> _Your task_: Looking at the entries, say how many lines contain the string "Adds". Offer nothing besides the number.

> _Stored entries_:
- - - -

//! Awaited answers.
ghost use Rattle.std.specs.Prelude.{◌≡◌, ◌<◌, ◌∷◌, ◌++◌, ℕ, [], IfOk, OnOk, false, is_some, slice_index_or};
ghost use Rattle.std.specs.List.{filter};
ghost use Rattle.sm_reopening.specs.Ongoing.{is_missing, net_reopening};
ghost use Rattle.sm_reopening.specs.Proposal.{is_the};
ghost use Rattle.sm_reopening.specs.Settles.{is_unsettled, net_party};
ghost use Rattle.smpland_reopening.specs.Proposal.{awaited_parties, has_silent_lead, is_silent_primary};
ghost use Rattle.smpland_reopening.specs.Proposal.{parties_waited_for, silent_leaders};
ghost use Rattle.smpland_reopening.specs.Stages.{stage_of};
ghost use Rattle.smpland_reopening.specs.Waiting.{is_unanswered, unanswered_parties, unsettled_parties};

use crate::marks::{is_marked, mark};
use crate::reopening::DocumentReopening;
use sm_reopening::Party;
use sm_server::{ServerId, ShardId};
use std::alloc::{AllocError, Global};

/// The stage of a reopening.
#[derive(Clone, Copy, Debug, PartialEq, Eq)]
pub enum Stage {
    /// Answers to the fence are awaited.
    Fence,
    /// The proposal may be confirmed.
    Confirm,
    /// It is confirmed, and answers to the settles are awaited.
    Settle,
}

impl DocumentReopening {
    /// Returns whether a party is asked, and has not answered the fence.
    pub fn is_unanswered(&self, party: &Party) -> bool
        ensures { result ≡ is_unanswered (net_reopening self.now.ongoing) (net_party party.now) }
    {
        match party {
            Party::Server(server) => {
                self.ongoing.is_asked(*server) && !self.ongoing.has_told(*server)
            }
            Party::MapOwner => !self.ongoing.has_answered(party),
        }
    }

    /// Adds a party if it is asked, and has not answered the fence.
    fn push_unanswered(&self, parties: &mut Vec<Party>, party: Party) -> Result<(), AllocError>
        ensures { OnOk result (parties.new.items ≡ parties.old.items
            ++ filter (λ p. is_unanswered (net_reopening self.now.ongoing) (net_party p)) (party ∷ [])) }
    {
        if self.is_unanswered(&party) {
            parties.push(party)?;
        }
        Ok(())
    }

    /// Returns the parties, in their order, that have not answered the fence.
    pub fn unanswered(&self, alloc: Global) -> Result<Vec<Party>, AllocError>
        ensures { IfOk result (λ parties. parties.items ≡ unanswered_parties (net_reopening self.now.ongoing)) }
    {
        let mut parties = Vec::new(alloc);
        self.push_unanswered(&mut parties, Party::MapOwner)?;
        for number in 0..self.ongoing.server_count() {
            self.push_unanswered(&mut parties, Party::Server(ServerId::new(number)))?;
        }
        Ok(parties)
    }

    /// Returns whether a party has to answer the fence whatever the others tell.
    fn is_awaited(&self, party: &Party) -> bool
        ensures { result ≡ is_missing self.now.ongoing (net_party party.now) }
    {
        match party {
            Party::Server(server) => self.ongoing.is_awaited(*server),
            Party::MapOwner => !self.ongoing.has_answered(party),
        }
    }

    /// Adds a party if it has to answer the fence whatever the others tell.
    fn push_awaited(&self, parties: &mut Vec<Party>, party: Party) -> Result<(), AllocError>
        ensures { OnOk result (parties.new.items ≡ parties.old.items
            ++ filter (λ p. is_missing self.now.ongoing (net_party p)) (party ∷ [])) }
    {
        if self.is_awaited(&party) {
            parties.push(party)?;
        }
        Ok(())
    }

    /// Returns the parties, in their order, that have to answer the fence whatever the others tell.
    fn awaited(&self, alloc: Global) -> Result<Vec<Party>, AllocError>
        ensures { IfOk result (λ parties. parties.items ≡ awaited_parties self.now) }
    {
        let mut parties = Vec::new(alloc);
        self.push_awaited(&mut parties, Party::MapOwner)?;
        for number in 0..self.ongoing.server_count() {
            self.push_awaited(&mut parties, Party::Server(ServerId::new(number)))?;
        }
        Ok(parties)
    }

    /// Returns the server that would be a shard's primary, if it has not answered, and is not recorded so.
    fn silent_primary(&self, shard: ShardId) -> Option<ServerId>
        ensures { (v : ℕ) → is_the result v ≡ is_silent_primary self.now v shard }
    {
        let primary = self.proposed_primary(shard)?;
        if self.ongoing.is_silent_successor(shard, primary) {
            Some(primary)
        } else {
            None
        }
    }

    /// Returns by number which servers would be primaries of shards of the document, have not answered, and are not
    /// recorded so.
    fn silent_marks(&self, alloc: Global) -> Result<Vec<bool>, AllocError>
        ensures { IfOk result (λ marks. (v : ℕ) → v < (net_reopening self.now.ongoing).servers
            → slice_index_or marks.items v false ≡ has_silent_lead self.now v) }
    {
        let mut marks = vec![in alloc; false; self.ongoing.server_count() as usize]?;
        for shard in &self.shards {
            if let Some(primary) = self.silent_primary(*shard) {
                mark(&mut marks, primary.number());
            }
        }
        Ok(marks)
    }

    /// Returns the servers, in their order, that would be primaries of shards of the document, have not answered, and
    /// are not recorded so.
    fn silent_leaders(&self, alloc: Global) -> Result<Vec<Party>, AllocError>
        ensures { IfOk result (λ parties. parties.items ≡ silent_leaders self.now) }
    {
        let marks = self.silent_marks(alloc)?;
        let mut parties = Vec::new(alloc);
        for number in 0..self.ongoing.server_count() {
            if is_marked(&marks, number) {
                parties.push(Party::Server(ServerId::new(number)))?;
            }
        }
        Ok(parties)
    }

    /// Returns the parties, in their order, that have to answer the fence before anything can be confirmed. They are
    /// those that are not carried over, or otherwise those that would be primaries and are not recorded so.
    pub fn waits_for(&self, alloc: Global) -> Result<Vec<Party>, AllocError>
        ensures { IfOk result (λ parties. parties.items ≡ parties_waited_for self.now) }
    {
        let parties = self.awaited(alloc)?;
        if parties.is_empty() {
            self.silent_leaders(alloc)
        } else {
            Ok(parties)
        }
    }

    /// Adds a party if it was sent a settle, and has not answered it.
    fn push_unsettled(&self, parties: &mut Vec<Party>, party: Party) -> Result<(), AllocError>
        ensures { OnOk result (parties.new.items ≡ parties.old.items
            ++ filter (λ p. is_unsettled (net_reopening self.now.ongoing) (net_party p)) (party ∷ [])) }
    {
        if self.ongoing.is_unsettled(&party) {
            parties.push(party)?;
        }
        Ok(())
    }

    /// Returns the parties, in their order, that were sent a settle and have not answered it.
    pub fn unsettled(&self, alloc: Global) -> Result<Vec<Party>, AllocError>
        ensures { IfOk result (λ parties. parties.items ≡ unsettled_parties (net_reopening self.now.ongoing)) }
    {
        let mut parties = Vec::new(alloc);
        self.push_unsettled(&mut parties, Party::MapOwner)?;
        for number in 0..self.ongoing.server_count() {
            self.push_unsettled(&mut parties, Party::Server(ServerId::new(number)))?;
        }
        Ok(parties)
    }

    /// Returns whether a settlement is confirmed.
    pub fn is_confirmed(&self) -> bool
        ensures { result ≡ is_some (net_reopening self.now.ongoing).settlement }
    {
        self.ongoing.settlement().is_some()
    }

    /// The stage of the reopening.
    pub fn stage(&self, alloc: Global) -> Result<Stage, AllocError>
        ensures { IfOk result (λ stage. stage ≡ stage_of self.now) }
    {
        if self.is_confirmed() {
            return Ok(Stage::Settle);
        }
        if self.waits_for(alloc)?.is_empty() {
            Ok(Stage::Confirm)
        } else {
            Ok(Stage::Fence)
        }
    }
}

- - - -

> _Answer for this exercise_: 3